> [TASK REQUIREMENTS]: Give, as a bare number, the count of lines below that contain "anew".

Segment Start: DATASET RECORDS

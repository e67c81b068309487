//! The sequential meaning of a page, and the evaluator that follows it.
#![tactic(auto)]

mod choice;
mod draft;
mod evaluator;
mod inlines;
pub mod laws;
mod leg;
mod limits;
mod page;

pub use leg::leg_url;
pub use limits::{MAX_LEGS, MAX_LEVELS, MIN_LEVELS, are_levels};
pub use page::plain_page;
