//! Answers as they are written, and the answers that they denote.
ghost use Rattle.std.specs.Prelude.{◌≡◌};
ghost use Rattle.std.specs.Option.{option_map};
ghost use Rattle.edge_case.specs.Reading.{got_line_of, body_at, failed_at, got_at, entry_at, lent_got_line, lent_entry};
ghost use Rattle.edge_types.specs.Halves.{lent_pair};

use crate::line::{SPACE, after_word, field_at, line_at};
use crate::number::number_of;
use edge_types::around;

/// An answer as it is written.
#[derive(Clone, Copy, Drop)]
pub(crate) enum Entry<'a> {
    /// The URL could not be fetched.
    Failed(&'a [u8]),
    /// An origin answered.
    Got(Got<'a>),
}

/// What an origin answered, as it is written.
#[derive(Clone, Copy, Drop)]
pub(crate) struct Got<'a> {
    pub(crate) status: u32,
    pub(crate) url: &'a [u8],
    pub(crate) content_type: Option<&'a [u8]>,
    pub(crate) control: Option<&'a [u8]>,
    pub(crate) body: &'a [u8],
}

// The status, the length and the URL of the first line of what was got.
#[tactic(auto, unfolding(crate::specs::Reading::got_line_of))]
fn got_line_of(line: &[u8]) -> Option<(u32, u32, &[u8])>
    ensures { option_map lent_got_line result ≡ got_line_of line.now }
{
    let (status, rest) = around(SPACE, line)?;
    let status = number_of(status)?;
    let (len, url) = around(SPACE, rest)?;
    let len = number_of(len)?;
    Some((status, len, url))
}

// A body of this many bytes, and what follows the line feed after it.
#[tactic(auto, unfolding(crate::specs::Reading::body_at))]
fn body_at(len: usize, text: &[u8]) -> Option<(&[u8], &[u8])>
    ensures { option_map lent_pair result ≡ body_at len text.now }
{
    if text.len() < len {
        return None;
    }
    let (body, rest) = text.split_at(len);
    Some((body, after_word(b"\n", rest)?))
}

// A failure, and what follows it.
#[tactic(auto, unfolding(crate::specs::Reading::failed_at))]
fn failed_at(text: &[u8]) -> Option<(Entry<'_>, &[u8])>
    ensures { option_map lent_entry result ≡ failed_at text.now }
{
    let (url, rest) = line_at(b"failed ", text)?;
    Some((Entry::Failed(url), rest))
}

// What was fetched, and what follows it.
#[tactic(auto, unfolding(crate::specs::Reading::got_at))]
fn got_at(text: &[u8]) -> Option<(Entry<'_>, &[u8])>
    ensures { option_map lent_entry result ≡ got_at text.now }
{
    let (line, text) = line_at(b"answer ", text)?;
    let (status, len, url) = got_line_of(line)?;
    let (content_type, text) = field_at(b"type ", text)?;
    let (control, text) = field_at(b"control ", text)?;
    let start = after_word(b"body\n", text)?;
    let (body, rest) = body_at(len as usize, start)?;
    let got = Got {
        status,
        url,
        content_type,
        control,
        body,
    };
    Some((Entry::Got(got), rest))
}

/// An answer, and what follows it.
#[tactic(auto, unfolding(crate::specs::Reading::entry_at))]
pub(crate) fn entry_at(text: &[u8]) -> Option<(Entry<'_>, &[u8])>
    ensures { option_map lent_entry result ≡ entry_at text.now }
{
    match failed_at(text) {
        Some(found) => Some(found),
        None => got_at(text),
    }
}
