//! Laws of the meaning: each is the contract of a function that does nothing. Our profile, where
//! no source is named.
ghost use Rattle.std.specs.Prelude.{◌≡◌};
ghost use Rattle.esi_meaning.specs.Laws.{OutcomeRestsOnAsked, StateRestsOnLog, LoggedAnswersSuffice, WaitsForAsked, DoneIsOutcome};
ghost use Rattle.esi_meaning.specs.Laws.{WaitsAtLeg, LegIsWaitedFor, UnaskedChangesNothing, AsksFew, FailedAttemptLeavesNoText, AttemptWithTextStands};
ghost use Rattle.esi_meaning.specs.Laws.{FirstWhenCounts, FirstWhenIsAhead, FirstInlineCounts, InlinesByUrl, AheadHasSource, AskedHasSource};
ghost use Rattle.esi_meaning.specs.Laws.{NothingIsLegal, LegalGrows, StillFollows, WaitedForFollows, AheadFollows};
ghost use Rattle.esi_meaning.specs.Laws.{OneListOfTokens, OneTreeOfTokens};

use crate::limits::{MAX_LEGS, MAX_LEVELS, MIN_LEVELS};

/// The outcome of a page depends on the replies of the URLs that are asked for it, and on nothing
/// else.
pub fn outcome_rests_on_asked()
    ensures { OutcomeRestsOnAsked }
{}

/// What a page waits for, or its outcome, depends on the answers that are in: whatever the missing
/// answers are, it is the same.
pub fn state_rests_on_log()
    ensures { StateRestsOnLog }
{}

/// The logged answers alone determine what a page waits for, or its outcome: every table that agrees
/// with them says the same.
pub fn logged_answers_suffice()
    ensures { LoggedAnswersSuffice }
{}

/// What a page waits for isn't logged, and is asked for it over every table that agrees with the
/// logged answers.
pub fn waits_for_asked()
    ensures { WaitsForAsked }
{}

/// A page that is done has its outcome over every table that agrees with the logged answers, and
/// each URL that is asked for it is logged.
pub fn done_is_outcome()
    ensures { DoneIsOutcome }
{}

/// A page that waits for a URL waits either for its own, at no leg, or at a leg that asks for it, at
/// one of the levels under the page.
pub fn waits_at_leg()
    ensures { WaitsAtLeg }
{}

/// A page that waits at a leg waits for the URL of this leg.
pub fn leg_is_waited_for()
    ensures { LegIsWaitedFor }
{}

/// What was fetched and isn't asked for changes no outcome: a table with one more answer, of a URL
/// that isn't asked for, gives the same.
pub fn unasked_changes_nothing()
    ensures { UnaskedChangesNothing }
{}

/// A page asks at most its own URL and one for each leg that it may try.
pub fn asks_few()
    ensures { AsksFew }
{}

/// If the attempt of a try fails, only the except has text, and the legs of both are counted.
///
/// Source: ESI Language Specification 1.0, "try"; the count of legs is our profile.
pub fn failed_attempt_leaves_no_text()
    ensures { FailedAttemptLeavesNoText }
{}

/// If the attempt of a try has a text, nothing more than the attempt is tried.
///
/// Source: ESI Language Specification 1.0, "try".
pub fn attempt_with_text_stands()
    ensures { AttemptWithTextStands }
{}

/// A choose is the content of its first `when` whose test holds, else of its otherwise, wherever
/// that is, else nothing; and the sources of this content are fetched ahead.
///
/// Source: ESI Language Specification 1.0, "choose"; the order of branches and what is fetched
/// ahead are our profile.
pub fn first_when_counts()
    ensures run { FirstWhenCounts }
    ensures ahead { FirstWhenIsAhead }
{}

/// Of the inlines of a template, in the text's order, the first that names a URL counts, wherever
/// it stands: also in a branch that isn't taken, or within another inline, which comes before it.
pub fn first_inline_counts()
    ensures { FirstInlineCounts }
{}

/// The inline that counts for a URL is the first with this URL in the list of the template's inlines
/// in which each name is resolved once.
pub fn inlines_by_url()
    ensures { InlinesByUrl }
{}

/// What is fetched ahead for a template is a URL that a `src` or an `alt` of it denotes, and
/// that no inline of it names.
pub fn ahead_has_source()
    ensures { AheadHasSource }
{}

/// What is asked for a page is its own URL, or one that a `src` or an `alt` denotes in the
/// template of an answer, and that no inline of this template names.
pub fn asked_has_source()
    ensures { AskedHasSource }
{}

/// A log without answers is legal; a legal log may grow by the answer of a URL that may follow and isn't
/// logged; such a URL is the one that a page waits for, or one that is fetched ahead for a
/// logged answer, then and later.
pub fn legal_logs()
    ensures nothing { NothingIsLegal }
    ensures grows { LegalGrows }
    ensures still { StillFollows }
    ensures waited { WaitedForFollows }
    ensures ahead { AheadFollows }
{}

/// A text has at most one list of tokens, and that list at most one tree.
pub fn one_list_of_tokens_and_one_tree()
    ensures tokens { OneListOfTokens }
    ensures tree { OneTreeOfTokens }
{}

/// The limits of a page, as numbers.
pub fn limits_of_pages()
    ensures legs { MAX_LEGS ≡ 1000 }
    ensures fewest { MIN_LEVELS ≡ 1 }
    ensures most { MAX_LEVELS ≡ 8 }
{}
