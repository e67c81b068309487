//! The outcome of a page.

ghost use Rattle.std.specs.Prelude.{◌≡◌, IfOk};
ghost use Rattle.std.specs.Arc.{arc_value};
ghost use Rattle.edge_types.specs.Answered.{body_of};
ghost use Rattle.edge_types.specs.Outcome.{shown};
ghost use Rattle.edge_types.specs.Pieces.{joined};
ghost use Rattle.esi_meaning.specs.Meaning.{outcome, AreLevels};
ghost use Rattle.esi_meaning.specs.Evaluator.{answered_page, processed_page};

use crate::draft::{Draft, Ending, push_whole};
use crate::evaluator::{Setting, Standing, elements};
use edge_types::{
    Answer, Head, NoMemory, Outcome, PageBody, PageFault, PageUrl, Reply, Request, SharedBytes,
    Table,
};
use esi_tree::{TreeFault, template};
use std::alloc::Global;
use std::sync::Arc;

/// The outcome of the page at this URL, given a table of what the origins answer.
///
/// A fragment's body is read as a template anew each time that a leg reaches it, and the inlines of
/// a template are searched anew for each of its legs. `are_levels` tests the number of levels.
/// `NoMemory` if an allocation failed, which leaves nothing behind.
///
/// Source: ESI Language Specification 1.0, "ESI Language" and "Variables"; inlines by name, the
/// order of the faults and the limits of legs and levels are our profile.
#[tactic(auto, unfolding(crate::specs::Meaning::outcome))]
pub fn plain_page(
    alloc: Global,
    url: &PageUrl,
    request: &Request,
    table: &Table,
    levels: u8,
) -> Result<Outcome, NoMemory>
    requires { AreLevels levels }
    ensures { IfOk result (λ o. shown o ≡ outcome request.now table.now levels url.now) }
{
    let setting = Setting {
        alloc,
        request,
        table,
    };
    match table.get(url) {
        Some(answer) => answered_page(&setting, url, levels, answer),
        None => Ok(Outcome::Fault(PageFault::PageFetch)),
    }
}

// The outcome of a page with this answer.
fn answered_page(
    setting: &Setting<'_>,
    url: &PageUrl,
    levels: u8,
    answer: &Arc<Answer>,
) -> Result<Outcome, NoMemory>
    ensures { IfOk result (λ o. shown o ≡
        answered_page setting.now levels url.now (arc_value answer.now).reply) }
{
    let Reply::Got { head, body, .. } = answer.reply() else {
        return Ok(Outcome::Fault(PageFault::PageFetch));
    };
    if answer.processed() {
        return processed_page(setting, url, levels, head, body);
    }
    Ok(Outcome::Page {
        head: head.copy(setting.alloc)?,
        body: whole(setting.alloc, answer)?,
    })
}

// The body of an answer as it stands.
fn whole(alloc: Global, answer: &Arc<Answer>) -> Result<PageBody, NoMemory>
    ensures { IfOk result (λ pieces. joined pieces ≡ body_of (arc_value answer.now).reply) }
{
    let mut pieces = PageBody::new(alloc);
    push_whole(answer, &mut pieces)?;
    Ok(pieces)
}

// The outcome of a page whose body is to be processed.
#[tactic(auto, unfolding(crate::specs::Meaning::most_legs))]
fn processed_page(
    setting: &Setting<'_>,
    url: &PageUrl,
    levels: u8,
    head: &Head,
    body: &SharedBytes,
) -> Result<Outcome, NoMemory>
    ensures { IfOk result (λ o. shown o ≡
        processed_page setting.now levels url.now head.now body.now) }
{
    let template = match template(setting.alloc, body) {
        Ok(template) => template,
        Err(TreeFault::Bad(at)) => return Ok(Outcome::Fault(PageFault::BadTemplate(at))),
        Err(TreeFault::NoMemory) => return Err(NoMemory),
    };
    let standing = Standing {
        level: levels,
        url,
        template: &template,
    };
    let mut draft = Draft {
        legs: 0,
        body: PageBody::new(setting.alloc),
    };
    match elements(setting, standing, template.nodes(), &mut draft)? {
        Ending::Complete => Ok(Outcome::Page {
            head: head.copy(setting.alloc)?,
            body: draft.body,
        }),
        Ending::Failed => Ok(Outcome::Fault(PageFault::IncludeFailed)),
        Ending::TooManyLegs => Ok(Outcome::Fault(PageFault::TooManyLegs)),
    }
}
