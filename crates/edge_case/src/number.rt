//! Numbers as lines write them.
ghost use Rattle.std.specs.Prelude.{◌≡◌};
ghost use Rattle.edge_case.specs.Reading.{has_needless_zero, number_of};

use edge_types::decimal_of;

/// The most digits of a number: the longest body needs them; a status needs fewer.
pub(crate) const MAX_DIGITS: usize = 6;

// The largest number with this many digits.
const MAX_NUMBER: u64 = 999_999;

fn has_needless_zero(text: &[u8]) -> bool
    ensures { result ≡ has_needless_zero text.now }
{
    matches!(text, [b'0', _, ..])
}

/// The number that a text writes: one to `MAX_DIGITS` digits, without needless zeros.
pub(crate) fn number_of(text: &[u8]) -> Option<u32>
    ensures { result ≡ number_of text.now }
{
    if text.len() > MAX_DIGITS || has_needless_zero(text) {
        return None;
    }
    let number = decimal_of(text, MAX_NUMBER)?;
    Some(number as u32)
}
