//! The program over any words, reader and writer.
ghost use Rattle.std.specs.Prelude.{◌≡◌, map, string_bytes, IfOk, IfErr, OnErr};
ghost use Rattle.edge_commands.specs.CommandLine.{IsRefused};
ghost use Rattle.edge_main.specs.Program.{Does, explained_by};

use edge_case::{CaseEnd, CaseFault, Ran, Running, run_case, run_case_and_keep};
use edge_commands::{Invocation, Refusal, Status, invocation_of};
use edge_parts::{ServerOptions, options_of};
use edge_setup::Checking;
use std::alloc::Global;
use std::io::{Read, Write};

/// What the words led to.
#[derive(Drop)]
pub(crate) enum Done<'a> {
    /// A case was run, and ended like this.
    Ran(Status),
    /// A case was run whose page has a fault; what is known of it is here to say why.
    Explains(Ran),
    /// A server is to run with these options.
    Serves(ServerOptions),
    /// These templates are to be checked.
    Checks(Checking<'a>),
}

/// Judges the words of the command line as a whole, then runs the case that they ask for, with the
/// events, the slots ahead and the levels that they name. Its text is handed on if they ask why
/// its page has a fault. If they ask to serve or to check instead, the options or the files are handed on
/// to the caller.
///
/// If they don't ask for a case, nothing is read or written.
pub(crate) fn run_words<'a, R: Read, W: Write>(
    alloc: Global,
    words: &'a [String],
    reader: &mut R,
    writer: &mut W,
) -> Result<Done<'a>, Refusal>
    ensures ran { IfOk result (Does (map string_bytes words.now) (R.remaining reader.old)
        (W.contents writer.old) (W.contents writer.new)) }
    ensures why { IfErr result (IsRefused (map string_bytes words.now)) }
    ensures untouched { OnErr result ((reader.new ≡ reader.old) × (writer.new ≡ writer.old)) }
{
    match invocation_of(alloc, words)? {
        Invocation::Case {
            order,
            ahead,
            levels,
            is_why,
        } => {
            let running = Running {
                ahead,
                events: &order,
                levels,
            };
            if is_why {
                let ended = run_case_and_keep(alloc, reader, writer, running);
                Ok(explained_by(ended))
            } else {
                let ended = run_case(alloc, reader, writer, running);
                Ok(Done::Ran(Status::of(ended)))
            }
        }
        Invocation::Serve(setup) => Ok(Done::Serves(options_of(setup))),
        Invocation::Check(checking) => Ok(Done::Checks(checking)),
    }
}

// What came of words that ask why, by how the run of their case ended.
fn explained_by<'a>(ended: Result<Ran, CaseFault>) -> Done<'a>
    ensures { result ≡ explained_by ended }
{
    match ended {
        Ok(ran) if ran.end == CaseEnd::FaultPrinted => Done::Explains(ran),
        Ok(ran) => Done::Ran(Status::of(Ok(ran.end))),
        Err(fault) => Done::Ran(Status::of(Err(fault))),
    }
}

Segment End: DATASET RECORDS

> [EXERCISE OUTPUT]: 2